[Exercise aim] Check every line of the entries for the string "decision" and return the ones that contain it.

[Dataset entries]
────────

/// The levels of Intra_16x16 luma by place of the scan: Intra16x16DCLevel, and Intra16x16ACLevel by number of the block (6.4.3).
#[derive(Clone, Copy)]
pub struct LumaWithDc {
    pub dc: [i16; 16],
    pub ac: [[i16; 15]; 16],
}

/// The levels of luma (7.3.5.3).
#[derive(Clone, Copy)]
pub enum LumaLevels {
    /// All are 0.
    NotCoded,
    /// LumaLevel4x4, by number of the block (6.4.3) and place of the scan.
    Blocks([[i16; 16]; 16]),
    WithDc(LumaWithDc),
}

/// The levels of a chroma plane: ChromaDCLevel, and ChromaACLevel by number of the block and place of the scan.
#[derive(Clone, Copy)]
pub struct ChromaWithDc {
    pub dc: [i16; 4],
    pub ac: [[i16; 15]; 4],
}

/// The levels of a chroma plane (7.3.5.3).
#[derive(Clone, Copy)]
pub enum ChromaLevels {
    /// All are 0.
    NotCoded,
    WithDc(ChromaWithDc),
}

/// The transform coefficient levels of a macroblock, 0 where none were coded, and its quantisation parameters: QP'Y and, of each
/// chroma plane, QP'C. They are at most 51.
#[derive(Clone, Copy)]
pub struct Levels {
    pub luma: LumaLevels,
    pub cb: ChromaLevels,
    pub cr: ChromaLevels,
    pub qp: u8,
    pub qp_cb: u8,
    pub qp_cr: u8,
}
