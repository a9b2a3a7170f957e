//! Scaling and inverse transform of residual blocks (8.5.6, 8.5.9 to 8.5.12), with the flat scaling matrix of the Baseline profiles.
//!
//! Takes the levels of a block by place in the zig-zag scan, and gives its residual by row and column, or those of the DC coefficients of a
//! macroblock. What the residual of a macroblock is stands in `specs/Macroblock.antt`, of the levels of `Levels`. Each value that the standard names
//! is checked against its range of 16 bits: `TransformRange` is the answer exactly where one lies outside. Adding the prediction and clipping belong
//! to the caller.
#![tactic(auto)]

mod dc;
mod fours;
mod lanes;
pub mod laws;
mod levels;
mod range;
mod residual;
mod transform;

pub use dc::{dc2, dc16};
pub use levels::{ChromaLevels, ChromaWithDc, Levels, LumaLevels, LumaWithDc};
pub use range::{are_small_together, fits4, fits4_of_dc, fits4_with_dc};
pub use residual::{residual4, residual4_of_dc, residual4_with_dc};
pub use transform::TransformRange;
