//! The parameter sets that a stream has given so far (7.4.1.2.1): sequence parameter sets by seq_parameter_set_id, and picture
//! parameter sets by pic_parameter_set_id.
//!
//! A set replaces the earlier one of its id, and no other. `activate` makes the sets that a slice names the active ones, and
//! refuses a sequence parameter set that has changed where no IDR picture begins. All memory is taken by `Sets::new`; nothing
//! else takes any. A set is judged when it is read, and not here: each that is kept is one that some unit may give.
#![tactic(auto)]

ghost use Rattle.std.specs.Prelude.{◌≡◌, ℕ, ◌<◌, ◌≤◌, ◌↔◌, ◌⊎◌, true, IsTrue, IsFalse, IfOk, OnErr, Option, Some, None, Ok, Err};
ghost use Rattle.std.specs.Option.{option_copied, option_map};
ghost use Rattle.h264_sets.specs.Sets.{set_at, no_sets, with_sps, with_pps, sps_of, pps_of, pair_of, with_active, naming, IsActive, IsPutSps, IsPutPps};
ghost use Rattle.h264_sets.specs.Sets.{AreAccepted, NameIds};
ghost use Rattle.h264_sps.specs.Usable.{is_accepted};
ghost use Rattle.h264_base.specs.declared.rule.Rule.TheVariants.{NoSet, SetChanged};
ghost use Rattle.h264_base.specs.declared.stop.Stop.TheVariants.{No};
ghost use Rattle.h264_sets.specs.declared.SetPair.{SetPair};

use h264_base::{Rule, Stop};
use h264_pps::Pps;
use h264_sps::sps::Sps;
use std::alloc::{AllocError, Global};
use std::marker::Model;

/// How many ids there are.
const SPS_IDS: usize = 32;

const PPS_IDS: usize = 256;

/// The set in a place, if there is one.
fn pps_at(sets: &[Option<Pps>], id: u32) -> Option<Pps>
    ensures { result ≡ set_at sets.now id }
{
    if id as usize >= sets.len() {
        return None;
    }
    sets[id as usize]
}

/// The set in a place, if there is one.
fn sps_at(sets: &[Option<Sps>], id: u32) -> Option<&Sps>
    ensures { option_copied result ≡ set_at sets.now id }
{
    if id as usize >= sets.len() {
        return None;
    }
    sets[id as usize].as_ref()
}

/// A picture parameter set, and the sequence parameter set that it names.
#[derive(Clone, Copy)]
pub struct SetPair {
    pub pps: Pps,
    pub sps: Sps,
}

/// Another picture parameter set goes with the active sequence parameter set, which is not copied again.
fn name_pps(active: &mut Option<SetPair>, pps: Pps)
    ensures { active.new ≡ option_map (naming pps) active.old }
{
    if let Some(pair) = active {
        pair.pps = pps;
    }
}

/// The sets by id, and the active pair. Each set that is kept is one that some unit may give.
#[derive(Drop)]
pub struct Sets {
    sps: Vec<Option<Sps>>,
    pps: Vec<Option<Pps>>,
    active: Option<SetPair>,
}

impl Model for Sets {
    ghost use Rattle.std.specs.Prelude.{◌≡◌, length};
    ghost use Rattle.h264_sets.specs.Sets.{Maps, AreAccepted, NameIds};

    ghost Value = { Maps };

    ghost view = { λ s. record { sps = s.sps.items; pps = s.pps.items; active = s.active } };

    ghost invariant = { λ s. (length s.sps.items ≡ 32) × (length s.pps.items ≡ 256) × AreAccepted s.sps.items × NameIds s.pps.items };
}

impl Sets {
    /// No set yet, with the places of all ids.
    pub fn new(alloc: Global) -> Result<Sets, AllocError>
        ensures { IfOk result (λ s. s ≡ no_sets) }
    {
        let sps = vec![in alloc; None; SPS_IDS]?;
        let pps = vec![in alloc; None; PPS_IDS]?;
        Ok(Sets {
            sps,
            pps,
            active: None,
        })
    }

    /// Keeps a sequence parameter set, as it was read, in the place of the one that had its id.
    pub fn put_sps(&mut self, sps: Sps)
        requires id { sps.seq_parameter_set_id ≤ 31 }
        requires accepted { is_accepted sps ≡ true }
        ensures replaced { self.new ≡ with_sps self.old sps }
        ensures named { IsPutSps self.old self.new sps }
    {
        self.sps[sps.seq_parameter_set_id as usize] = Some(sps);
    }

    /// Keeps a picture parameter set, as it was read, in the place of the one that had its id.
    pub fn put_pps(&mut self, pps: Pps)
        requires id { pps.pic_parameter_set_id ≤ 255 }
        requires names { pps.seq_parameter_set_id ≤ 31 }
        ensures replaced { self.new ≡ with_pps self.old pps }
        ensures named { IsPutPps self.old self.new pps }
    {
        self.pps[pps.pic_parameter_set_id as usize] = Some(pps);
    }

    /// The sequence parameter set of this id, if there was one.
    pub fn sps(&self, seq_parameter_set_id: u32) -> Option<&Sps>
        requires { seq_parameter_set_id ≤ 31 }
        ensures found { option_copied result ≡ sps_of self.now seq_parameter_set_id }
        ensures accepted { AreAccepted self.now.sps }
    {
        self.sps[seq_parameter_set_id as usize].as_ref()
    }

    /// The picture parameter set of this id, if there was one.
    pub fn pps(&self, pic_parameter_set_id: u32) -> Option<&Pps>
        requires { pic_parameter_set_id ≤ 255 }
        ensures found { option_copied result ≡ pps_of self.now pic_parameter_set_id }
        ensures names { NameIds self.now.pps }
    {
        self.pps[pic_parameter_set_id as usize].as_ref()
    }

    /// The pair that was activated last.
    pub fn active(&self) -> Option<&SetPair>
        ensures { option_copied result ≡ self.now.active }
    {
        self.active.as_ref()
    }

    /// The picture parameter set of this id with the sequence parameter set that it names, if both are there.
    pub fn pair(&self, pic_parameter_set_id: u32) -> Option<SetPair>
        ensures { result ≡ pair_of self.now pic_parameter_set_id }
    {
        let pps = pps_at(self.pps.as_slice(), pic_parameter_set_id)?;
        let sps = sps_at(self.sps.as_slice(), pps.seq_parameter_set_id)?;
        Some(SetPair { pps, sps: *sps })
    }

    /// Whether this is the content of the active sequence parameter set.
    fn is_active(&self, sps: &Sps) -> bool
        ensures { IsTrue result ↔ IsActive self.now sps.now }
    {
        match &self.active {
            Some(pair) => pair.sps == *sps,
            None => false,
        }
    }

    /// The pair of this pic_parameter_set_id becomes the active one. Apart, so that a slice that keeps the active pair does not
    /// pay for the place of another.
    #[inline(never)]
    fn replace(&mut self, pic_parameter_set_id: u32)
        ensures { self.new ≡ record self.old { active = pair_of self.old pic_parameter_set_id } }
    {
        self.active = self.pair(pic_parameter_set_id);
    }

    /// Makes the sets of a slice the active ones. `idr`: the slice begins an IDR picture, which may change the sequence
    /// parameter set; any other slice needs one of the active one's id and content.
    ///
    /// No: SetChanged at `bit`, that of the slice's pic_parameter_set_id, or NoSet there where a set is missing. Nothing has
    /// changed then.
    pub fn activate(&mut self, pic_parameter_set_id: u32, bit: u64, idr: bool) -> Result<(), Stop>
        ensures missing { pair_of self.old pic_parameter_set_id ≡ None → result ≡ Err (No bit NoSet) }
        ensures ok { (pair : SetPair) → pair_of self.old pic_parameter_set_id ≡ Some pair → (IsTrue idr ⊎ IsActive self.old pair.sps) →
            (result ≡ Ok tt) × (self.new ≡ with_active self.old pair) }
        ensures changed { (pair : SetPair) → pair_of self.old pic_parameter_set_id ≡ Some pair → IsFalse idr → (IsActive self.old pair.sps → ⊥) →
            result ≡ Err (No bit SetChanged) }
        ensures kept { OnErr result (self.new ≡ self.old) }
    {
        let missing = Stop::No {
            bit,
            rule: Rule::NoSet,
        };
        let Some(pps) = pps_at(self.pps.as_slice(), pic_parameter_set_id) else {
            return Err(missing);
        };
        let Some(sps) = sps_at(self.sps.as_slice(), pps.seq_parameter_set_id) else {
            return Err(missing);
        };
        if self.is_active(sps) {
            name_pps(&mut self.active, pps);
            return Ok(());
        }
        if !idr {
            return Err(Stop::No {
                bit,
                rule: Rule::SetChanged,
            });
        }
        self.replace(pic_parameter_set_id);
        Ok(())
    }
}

────────

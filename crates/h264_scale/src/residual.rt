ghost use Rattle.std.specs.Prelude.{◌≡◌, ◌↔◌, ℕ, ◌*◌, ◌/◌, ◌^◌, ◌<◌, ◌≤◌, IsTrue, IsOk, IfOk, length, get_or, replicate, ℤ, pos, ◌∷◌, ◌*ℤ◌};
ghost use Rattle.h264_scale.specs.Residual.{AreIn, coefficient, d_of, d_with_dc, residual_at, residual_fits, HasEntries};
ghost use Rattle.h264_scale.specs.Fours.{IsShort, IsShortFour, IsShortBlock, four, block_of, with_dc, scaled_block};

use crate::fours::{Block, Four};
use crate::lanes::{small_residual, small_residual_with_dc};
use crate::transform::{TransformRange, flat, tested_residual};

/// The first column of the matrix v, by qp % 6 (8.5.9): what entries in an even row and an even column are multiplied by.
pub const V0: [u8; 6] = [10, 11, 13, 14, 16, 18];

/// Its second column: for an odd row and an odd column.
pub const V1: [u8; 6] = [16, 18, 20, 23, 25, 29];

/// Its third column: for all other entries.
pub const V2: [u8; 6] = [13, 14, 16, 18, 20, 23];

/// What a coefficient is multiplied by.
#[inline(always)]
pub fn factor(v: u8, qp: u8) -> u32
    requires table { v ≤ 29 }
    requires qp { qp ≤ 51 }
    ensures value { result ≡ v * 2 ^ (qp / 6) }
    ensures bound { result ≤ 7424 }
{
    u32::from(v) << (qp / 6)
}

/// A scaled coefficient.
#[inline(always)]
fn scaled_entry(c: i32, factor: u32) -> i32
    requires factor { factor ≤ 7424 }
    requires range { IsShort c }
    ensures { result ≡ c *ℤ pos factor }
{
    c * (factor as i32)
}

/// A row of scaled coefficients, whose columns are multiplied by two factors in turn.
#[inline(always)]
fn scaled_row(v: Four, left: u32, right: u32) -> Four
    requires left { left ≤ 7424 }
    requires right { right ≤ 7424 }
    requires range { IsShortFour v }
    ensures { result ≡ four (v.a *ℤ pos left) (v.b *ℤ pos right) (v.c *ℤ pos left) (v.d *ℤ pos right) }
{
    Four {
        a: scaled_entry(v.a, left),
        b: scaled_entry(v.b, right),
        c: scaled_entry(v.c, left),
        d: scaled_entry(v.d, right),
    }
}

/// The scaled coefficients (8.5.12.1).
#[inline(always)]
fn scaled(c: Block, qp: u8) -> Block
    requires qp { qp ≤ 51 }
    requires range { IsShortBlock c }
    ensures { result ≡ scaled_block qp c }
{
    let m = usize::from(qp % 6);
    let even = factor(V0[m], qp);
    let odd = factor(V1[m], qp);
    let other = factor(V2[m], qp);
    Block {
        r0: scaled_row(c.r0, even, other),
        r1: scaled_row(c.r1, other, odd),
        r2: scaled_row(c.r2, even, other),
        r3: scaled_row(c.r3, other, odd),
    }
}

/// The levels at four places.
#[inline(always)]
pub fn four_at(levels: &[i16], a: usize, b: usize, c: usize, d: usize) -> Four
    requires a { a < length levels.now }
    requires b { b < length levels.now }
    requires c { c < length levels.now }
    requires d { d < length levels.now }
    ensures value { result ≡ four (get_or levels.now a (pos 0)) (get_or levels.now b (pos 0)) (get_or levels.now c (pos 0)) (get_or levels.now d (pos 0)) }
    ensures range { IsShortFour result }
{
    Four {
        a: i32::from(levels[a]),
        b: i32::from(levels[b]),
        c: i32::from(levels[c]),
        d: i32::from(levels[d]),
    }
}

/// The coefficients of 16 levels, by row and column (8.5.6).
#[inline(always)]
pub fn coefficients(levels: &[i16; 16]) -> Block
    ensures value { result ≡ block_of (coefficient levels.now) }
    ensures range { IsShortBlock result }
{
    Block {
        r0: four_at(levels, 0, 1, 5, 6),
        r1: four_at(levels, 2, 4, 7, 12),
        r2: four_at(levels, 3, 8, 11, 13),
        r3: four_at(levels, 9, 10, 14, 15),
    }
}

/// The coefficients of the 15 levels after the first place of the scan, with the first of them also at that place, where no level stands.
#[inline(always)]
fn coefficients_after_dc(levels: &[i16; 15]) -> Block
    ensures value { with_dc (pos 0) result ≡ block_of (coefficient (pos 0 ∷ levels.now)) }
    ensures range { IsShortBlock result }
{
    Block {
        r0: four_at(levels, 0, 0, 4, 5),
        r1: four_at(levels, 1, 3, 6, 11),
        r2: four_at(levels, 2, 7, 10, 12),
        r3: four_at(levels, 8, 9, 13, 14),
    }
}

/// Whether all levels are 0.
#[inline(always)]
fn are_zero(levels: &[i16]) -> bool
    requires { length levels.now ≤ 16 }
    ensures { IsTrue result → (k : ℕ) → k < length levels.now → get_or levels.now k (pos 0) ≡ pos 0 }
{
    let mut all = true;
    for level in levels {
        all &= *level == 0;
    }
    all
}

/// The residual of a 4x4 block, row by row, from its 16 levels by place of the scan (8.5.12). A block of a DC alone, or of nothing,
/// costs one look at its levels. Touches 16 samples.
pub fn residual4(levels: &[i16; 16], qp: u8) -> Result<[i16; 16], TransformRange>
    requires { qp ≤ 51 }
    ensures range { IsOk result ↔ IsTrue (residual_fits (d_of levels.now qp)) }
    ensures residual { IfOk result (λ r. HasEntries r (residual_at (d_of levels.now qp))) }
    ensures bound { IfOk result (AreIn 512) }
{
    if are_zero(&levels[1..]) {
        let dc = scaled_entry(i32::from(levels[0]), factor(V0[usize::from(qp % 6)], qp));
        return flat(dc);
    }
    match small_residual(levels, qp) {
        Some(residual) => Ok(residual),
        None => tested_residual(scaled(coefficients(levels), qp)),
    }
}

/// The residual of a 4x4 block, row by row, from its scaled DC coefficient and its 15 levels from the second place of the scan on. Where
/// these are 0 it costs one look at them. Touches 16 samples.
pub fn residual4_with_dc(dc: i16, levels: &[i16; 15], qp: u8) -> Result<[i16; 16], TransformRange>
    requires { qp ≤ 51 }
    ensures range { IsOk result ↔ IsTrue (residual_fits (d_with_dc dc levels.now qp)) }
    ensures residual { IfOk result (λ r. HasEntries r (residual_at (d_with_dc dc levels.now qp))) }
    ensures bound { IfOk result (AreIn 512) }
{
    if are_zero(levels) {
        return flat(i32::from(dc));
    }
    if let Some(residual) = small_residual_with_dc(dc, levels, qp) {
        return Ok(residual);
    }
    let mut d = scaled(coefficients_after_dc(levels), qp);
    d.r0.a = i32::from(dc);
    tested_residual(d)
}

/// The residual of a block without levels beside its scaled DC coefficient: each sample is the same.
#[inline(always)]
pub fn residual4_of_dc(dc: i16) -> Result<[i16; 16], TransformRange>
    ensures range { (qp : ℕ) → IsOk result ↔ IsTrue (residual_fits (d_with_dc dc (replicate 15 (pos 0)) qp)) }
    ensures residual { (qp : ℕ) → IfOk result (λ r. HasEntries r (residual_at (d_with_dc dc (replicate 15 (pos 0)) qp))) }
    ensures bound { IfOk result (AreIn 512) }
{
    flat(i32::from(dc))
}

────────

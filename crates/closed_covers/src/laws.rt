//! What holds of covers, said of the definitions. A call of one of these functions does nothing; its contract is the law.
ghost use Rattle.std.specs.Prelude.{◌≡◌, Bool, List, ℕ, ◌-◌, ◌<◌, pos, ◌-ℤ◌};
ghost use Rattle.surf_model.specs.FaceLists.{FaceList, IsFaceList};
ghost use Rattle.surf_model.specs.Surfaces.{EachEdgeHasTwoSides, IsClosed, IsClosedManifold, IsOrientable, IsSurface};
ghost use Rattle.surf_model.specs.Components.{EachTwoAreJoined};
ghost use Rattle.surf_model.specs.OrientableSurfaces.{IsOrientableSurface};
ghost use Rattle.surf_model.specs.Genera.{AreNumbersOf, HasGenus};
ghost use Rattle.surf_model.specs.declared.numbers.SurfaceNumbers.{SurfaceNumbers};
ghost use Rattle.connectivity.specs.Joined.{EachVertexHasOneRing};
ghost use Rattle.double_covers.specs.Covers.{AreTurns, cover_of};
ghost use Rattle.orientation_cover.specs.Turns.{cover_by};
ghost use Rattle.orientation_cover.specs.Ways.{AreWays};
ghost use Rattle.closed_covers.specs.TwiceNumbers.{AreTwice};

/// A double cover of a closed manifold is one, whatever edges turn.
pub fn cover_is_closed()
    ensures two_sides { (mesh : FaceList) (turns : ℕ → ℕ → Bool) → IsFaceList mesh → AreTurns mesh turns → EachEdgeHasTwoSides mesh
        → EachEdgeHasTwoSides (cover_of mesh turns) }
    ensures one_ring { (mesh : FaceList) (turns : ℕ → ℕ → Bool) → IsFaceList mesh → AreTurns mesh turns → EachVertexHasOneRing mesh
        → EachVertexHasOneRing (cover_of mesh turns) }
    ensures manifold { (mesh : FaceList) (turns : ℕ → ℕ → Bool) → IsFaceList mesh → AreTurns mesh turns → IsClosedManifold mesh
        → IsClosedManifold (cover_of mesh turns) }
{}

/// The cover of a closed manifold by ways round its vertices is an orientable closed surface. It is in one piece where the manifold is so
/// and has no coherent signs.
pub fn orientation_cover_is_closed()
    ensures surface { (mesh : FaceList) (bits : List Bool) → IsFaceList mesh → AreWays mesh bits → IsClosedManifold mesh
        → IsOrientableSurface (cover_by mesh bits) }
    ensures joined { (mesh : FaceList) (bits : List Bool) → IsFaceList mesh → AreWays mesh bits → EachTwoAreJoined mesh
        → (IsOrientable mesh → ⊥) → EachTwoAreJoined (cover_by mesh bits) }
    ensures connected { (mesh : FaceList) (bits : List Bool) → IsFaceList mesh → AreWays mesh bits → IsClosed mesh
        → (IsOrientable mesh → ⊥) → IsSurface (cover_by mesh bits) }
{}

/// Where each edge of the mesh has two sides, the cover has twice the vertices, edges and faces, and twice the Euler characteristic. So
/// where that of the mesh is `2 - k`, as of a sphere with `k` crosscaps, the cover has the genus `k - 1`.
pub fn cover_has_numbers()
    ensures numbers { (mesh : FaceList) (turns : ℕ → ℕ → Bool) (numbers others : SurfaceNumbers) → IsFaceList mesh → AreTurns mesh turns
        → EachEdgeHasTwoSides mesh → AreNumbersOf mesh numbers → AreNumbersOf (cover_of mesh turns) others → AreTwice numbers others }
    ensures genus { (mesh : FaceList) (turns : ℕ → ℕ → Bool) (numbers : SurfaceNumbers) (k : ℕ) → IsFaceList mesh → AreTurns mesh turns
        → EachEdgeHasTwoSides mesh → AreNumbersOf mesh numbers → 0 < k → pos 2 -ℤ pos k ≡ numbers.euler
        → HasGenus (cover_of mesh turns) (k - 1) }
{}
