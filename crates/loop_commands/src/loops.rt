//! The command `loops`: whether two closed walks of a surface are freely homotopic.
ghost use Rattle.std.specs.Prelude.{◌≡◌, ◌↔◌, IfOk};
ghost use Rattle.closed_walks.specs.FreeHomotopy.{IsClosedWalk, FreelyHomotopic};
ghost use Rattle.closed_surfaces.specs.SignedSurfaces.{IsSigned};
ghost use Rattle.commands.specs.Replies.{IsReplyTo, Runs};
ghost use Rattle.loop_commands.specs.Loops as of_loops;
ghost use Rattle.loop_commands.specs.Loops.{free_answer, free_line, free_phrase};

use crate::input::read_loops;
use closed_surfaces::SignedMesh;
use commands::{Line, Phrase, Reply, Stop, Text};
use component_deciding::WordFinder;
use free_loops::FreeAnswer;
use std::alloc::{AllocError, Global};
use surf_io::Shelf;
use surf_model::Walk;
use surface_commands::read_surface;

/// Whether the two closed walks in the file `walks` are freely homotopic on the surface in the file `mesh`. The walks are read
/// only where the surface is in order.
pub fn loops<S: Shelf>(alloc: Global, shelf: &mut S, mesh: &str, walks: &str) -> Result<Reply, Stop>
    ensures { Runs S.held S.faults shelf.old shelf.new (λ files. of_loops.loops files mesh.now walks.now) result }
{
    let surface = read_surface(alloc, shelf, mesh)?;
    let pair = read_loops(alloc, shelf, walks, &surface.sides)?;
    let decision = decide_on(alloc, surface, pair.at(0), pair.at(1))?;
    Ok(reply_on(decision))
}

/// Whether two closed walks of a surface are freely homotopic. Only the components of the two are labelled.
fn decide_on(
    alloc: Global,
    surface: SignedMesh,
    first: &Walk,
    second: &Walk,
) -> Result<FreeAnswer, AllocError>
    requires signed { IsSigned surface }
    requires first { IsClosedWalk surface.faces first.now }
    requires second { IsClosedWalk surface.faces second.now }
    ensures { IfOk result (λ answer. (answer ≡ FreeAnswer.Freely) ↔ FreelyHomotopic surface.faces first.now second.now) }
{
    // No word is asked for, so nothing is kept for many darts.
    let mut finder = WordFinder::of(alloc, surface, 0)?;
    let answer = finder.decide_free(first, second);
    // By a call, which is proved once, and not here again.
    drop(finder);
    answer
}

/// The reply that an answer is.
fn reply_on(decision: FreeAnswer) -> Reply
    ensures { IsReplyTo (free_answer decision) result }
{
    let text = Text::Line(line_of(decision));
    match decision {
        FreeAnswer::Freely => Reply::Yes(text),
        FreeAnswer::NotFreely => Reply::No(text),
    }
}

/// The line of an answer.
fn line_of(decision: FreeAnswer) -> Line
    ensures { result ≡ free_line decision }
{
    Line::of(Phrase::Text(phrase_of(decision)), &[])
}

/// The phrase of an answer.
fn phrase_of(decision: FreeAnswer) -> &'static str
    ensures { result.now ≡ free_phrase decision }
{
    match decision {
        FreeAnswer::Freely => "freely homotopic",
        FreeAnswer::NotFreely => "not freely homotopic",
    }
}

────────

[Solved problem]
    let decision = decide_on(alloc, surface, pair.at(0), pair.at(1))?;
    Ok(reply_on(decision))
fn reply_on(decision: FreeAnswer) -> Reply
    ensures { IsReplyTo (free_answer decision) result }
    let text = Text::Line(line_of(decision));
    match decision {
fn line_of(decision: FreeAnswer) -> Line
    ensures { result ≡ free_line decision }
    Line::of(Phrase::Text(phrase_of(decision)), &[])
fn phrase_of(decision: FreeAnswer) -> &'static str
    ensures { result.now ≡ free_phrase decision }
    match decision {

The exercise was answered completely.